= Bob Magnusson =

American jazz bassist (born 1947)

Bob Magnusson (born February 24, 1947, in New York) is an American jazz bassist.

==Career==
Magnusson studied French horn for 12 years before switching to bass in 1967. He toured with Buddy Rich's Orchestra in 1968 and played with the San Diego Symphony and Sarah Vaughan (1971–72 and 1975–76).
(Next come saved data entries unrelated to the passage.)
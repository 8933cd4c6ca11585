//! The cells of a trie as numbers in a text.
ghost use Rattle.std.specs.Prelude.{◌≡◌, ◌++◌, map, OnOk, string_bytes};
ghost use Rattle.icu_zerovec.specs.Slice.{slice_values};
ghost use Rattle.ucptrie_tables.specs.Source.{cells_from};

use icu_trie::value::TrieValue;
use icu_zerovec::ZeroSlice;
use std::alloc::AllocError;
use ucptab_table::pattern::push_cell;
use ucptrie_tables::table::Table;

/// Appends the cells' numbers, sixteen to a line. Every line but the first starts with the indent
/// (usrc_writeArray).
fn push_cells<T: TrieValue>(
    text: &mut String,
    cells: ZeroSlice<'_, T>,
    indent: &str,
) -> Result<(), AllocError>
    ensures { OnOk result (string_bytes text.new ≡ string_bytes text.old
        ++ cells_from indent.now 0 (map T.number (slice_values cells.entry))) }
{
    for (i, cell) in cells.iter().enumerate() {
        push_cell(text, i, cell.to_u32(), indent)?;
    }
    Ok(())
}

/// Appends the cells of a table's index.
pub(crate) fn push_index(text: &mut String, table: &Table, indent: &str) -> Result<(), AllocError>
    ensures { OnOk result (string_bytes text.new
        ≡ string_bytes text.old ++ cells_from indent.now 0 table.now.trie.index) }
{
    let (_, index, _) = table.trie.parts();
    push_cells(text, index, indent)
}

/// Appends the cells of a table's data.
pub(crate) fn push_data(text: &mut String, table: &Table, indent: &str) -> Result<(), AllocError>
    ensures { OnOk result (string_bytes text.new
        ≡ string_bytes text.old ++ cells_from indent.now 0 table.now.trie.values) }
{
    let (_, _, values) = table.trie.parts();
    push_cells(text, values, indent)
}
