//! The header of a table in source: its numbers, and the comment about its sizes.
ghost use Rattle.std.specs.Prelude.{◌≡◌, ◌++◌, ◌*◌, ◌^◌, ◌<◌, OnOk, string_bytes};
ghost use Rattle.icu_trie_core.specs.ValueNumbers.{type_number};
ghost use Rattle.ucptrie_forms.specs.TableSource.{header_numbers, sizes_text};
ghost use Rattle.ucptrie_tables.specs.ValueWidth.{bytes_of};

use icu_trie::header::TrieType;
use std::alloc::AllocError;
use ucptab_table::pattern::Number::{self, Decimal, Hexadecimal};
use ucptab_table::pattern::push_pattern;
use ucptrie_tables::source::type_name;
use ucptrie_tables::table::Table;
use ucptrie_tables::width::ValueWidth;

/// Returns ICU's number of a type (UCPTRIE_TYPE_FAST, _SMALL).
pub(crate) fn type_code(trie_type: TrieType) -> u8
    ensures { result ≡ type_number trie_type }
{
    match trie_type {
        TrieType::Fast => 0,
        TrieType::Small => 1,
    }
}

/// Returns the number of bytes in so many values, of which each has at most four.
fn data_size(len: usize, width: ValueWidth) -> usize
    requires { len * 4 < 2 ^ 63 }
    ensures { result ≡ len * bytes_of width }
{
    len * width.bytes()
}

/// The comment about the trie and its sizes.
const SIZES: &str = "\
// Made by ucptrie: a @ code point trie, with values of % bits.
// Index: % cells, % bytes. Data: % cells, % bytes.
";

/// Appends a comment about the trie and its sizes.
pub(crate) fn push_sizes(text: &mut String, table: &Table) -> Result<(), AllocError>
    ensures { OnOk result (string_bytes text.new
        ≡ string_bytes text.old ++ sizes_text table.now) }
{
    let (header, index, values) = table.trie.parts();
    let numbers = [
        Decimal(table.width.bits() as usize),
        Decimal(index.len()),
        Decimal(index.len() * 2),
        Decimal(values.len()),
        Decimal(data_size(values.len(), table.width)),
    ];
    push_pattern(text, SIZES, type_name(header.trie_type), &numbers)
}

/// Returns the numbers of the header in the order of ICU's struct and of TOML: lengths, the high
/// start in two forms, type and width, null blocks and the null value.
pub(crate) fn header_numbers(table: &Table) -> [Number; 9]
    ensures { result ≡ header_numbers table.now }
{
    let (header, index, values) = table.trie.parts();
    [
        Decimal(index.len()),
        Decimal(values.len()),
        Hexadecimal(header.high_start),
        Hexadecimal(header.shifted12_high_start as u32),
        Decimal(type_code(header.trie_type) as usize),
        Decimal(table.width.code() as usize),
        Hexadecimal(header.index3_null_offset as u32),
        Hexadecimal(header.data_null_offset),
        Hexadecimal(header.null_value),
    ]
}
A studio musician for decades, he was part of the co-op group Road Work Ahead from 1979 to 1982, and worked with John Klemmer, Art Pepper, Benny Golson, Joe Farrell, Linda Ronstadt (with Nelson Riddle's Orchestra), Bud Shank, Laurindo Almeida, Shorty Rogers, Bob Cooper, Lou Donaldson, Clifford Jordan, George Cables, Victor Lewis, Joe Pass, Art Farmer, Kenny Barron, Freddie Hubbard, Slide Hampton, Billy Higgins, Carl Fontana, Tommy Flanagan, Mike Wofford, Holly Hofmann, Kenny Burrell, Roger Kellaway, Randy Porter, Ernie Watts, Eddie "Cleanhead" Vinson, Peter Erskine, Bobby Shew, Bill Mays, Natalie Cole, Neil Diamond, Bonnie Raitt, 10,000 Maniacs, Madonna, Hank Jones, Cedar Walton, Jimmy Heath, Peter Sprague and others. Including the Road Work Ahead projects, Magnusson led record dates for Discovery Records in 1979, 1980 and 1984, and Trend Records in 1982.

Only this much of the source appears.